Php judges Chinese characters and codes. gbk indicates dubyte, and utf8 indicates three bytes. it can be determined based on the range of Chinese characters.
Encoding range: 1. GBK (GB2312/GB18030) \ X00-\ xff GBK dubyte encoding range
\ X20-\ x7f ASCII
\ Xa1-\ xff Chinese
\ X80-\ xff Chinese
2. UTF-8 (Unicode) \ U4e00-\ u9fa5 (Chinese)
\ X3130-\ x318F (Korean
\ XAC00-\ xD7A3 (Korean)
\ U0800-\ u4e00 (Japanese)
Ps: Korean is a character greater than [\ u9fa5] Regular expression example:
Preg_replace ("/([\ x80-\ xff])/", "", $ str );
Preg_replace ("/([u4e00-u9fa5])/", ", $ str );
II. code example The code is as follows:
// Determine whether the content contains Chinese characters-GBK (PHP)

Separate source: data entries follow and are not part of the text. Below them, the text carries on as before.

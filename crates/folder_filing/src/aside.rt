//! Drafts that were moved to a quarantine.

use crate::quarantine::Quarantine;
use crate::stored_file::StoredFile;
use std::io;
use std::rc::Rc;
use std::rt::Files;

/// A draft that is kept in a quarantine.
#[derive(Clone, Copy, Debug, PartialEq, Eq)]
pub struct KeptDraft {
    /// The number in the names of its files: `000001.dcm` and `000001.txt` for 1.
    pub number: u32,
    /// Whether the quarantine now has as many data sets as it may have.
    pub is_full: bool,
}

/// A draft that was not committed and whose file was moved to a quarantine. It must be kept or
/// removed; else its file stays in the quarantine until that is opened again.
#[derive(Drop)]
pub struct SetAside<R: Files + Alloc + Clone + Drop>
where
    R::File: StoredFile,
{
    quarantine: Rc<Quarantine<R>, R::A>,
    number: u32,
    data: u64,
}

impl<R: Files + Alloc + Clone + Drop> SetAside<R>
where
    R::File: StoredFile,
{
    /// Creates a value for the draft with this number, whose data set has this many bytes.
    pub(crate) fn new(quarantine: Rc<Quarantine<R>, R::A>, number: u32, data: u64) -> SetAside<R> {
        SetAside {
            quarantine,
            number,
            data,
        }
    }

    /// Returns the number of bytes of the data set in the file.
    pub fn data(&self) -> u64 {
        self.data
    }

    /// Keeps the draft, with this text in a file next to it.
    ///
    /// Fails if a system call fails, the folder was replaced by another one, or a file has one of
    /// the names. Then the draft is removed.
    pub fn keep(self, text: &str) -> io::Result<KeptDraft> {
        let is_full = self.quarantine.keep(self.number, text)?;
        Ok(KeptDraft {
            number: self.number,
            is_full,
        })
    }

    /// Removes the draft. Fails if a system call fails.
    pub fn remove(self) -> io::Result<()> {
        self.quarantine.remove(self.number)
    }
}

Function check_is_chinese ($ s ){
Return preg_match ('/[\ x80-\ xff]./', $ s );
}
// Obtain the string length-GBK (PHP)
Function gb_strlen ($ str ){
$ Count = 0;
For ($ I = 0; $ I $ S = substr ($ str, $ I, 1 );
If (preg_match ("/[\ x80-\ xff]/", $ s) ++ $ I;
+ + $ Count;
}
Return $ count;
}
// Truncate the string-GBK (PHP)
Function gb_substr ($ str, $ len ){
$ Count = 0;
For ($ I = 0; $ I If ($ count = $ len) break;
If (preg_match ("/[\ x80-\ xff]/", substr ($ str, $ I, 1) ++ $ I;
+ + $ Count;
}
Return substr ($ str, 0, $ I );
}
// Count the length of the string-UTF8 (PHP)
Function utf8_strlen ($ str ){
$ Count = 0;
For ($ I = 0; $ I <strlen ($ str); $ I ++ ){
$ Value = ord ($ str [$ I]);
If ($ value & gt; 127 ){
$ Count ++;
If ($ value >=192 & $ value <= 223) $ I ++;
Elseif ($ value >=224 & $ value <= 239) $ I = $ I + 2;
Elseif ($ value >=240 & $ value <= 247) $ I = $ I + 3;
Else die ('not a UTF-8 compatible string ');
}
$ Count ++;
}
Return $ count;
}
// Truncate the string-UTF8 (PHP)
Function utf8_substr ($ str, $ position, $ length ){
$ Start_position = strlen ($ str );
$ Start_byte = 0;
$ End_position = strlen ($ str );
$ Count = 0;
For ($ I = 0; $ I <strlen ($ str); $ I ++ ){
If ($ count >=$ position & $ start_position> $ I ){
$ Start_position = $ I;
$ Start_byte = $ count;
}
If ($ count-$ start_byte)> = $ length ){
$ End_position = $ I;
Break;
}
$ Value = ord ($ str [$ I]);
If ($ value & gt; 127 ){
$ Count ++;
If ($ value >=192 & $ value <= 223) $ I ++;
Elseif ($ value >=224 & $ value <= 239) $ I = $ I + 2;
Elseif ($ value >=240 & $ value <= 247) $ I = $ I + 3;
Else die ('not a UTF-8 compatible string ');
}
$ Count ++;
}
Return (substr ($ str, $ start_position, $ end_position-$ start_position ));
}
// Determine if there is a Korean-UTF-8 (JavaScript)
Function checkKoreaChar (str ){
For (I = 0; I If (str. charCodeAt (I)> 0x3130 & str. charCodeAt (I) <0x318F) | (str. charCodeAt (I)> = 0xAC00 & str. charCodeAt (I) <= 0xD7A3 ))){
Return true;
}
}
Return false;
}
// Determine whether a Chinese character-GBK (JavaScript) exists)
Function check_chinese_char (s ){
Return (s. length! = S. replace (/[^ \ x00-\ xff]/g, "**"). length );
}
The content source of this page is from Internet, which doesn't represent Alibaba Cloud's opinion;
products and services mentioned on that page don't have any relationship with Alibaba Cloud. If the
content of the page makes you feel confusing, please write us an email, we will handle the problem
within 5 days after receiving your email.
If you find any instances of plagiarism from the community, please send an email to:
info-contact@alibabacloud.com
and provide relevant evidence. A staff member will contact you within 5 working days.